The Big Data Bandwagon

Big Data and I go way back. How can I get on the Big Data Bandwagon?

It's not a domain into which I regularly stray but nuclear physics was the focus of both my parents' careers so their use of computers comes to mind whenever the topic of Big Data comes up. I'm stepping out of my comfort zone but I am going to hypothesize that the study of physics and the Internet of Things share certain attributes and that both are sexy because they are part of Big Data. You're looking at Big Data in the illustration here.

Both physics and IoT begin with the assumption that there's more to the world than what the naked eye can see or can be detected by any of our other human senses. You can't see atoms, or electrons or quarks or any of those smaller particles. All you can use to know they are there are the measurements of their impacts on other particles using sensors.

And sensors are also at the heart of the Internet of Things. In addition to the human-detectable phenomena, sensors embedded where we can't see them detect attributes we can't see, don't have a smell, don't make a sound or otherwise are too small, too large, too fast or too far away for us to use our "native" human sensors to detect. The sensors monitoring the properties of materials in physics (like the sensors in our environment monitoring the air quality, the temperature, the number of cars passing over a pressure sensor on the roadbed) communicate their readings with time stamps and these contribute to other readings as a set of data forms.

You get the rest: the raw data then become the building material upon which analyses can be performed. It's difficult for the common man to discern patterns from the illustration above or millions of sensor readings from a nuclear power plant. Machine learning and algorithms extract the patterns from the data for us and we use these patterns to gain insights and make decisions.

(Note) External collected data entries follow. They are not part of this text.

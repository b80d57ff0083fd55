// Networks of texts.

use net_model::Network;
use net_text::read_net;
use std::alloc::Global;
use std::test::Fail;

// The network of a text that is short enough to be read.
pub(crate) fn network(alloc: Global, text: &[u8]) -> Result<Network, Fail> {
    if text.len() < 1000 {
        Ok(read_net(alloc, text)?)
    } else {
        Err("a text too long for a test")?
    }
}
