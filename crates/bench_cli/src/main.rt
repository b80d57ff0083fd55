// The program `bench`: hands the words, the files and the standard streams to the top call, and ends
// with its status.
#![tactic(auto)]

use bench_core::{Words, bench};
use fx_io::{FileShelf, StdSink};
use std::alloc::AllocError;
use std::env;
use std::io::ErrorKind;
use std::process::ExitCode;

// The status where there is no memory for the words, as the top call has it.
const OUT_OF_MEMORY: u8 = 8;

// The words behind the program's name. Where one isn't text there are none, which asks for no command.
fn words(rt: &HostRuntime) -> Result<Words, AllocError> {
    let mut words = Words::new(rt.alloc());
    match env::args(rt) {
        Ok(args) => {
            for word in args.skip(1) {
                words.add(word.as_str())?;
            }
        }
        Err(error) => {
            if error.kind() == ErrorKind::OutOfMemory {
                return Err(AllocError);
            }
        }
    }
    Ok(words)
}

fn main(rt: HostRuntime) -> ExitCode {
    let Ok(words) = words(&rt) else {
        return ExitCode::from(OUT_OF_MEMORY);
    };
    let alloc = rt.alloc();
    let mut out = StdSink::new(rt.stdout());
    let mut err = StdSink::new(rt.stderr());
    let mut shelf = FileShelf::new(rt, alloc);
    ExitCode::from(bench(alloc, &words, &mut shelf, &mut out, &mut err))
}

So, my point is that the concept of using computers to analyze large data sets to answer all kinds of questions–the core of Big Data–has been around the research community for decades and applies to many, if not all, fields. IBM has long been leading the charge on this. Here's an interesting project led by Jeff Jonas, Chief Scientist of IBM's Entity Analytics Group, that just celebrated its one year anniversary. A January 2012 HorizonWatching Trend Report presentation on Big Data points to lots of resources.

What's new with Big Data in 2012 is the relative ease with which these very large data sets can be reliably collected, communicated, stored and processed, and, in some cases, visualized.

A feature article about Big Data's relevance in our lives in the New York Times frames the subject well and then explains why Big Data is trending: everyone wants to see the past and the present, and to understand the world more clearly. With our improved "visibility" we might be able to make better decisions. The "text book" example is the Oakland Athletics baseball team comeback on which the book and movie, Moneyball, are based.

With the help of coverage in books, motion picture, major news media and tech bloggers, Big Data is one of the big memes of 2012. Trends like the widespread adoption of Big Data usually lead to large financial gains.

Let's see if I can use this data to make better decisions! Maybe I should re-brand everything I do so that the relationships of my activities to Big Data are more clear to others. Big Spimes? What do you think?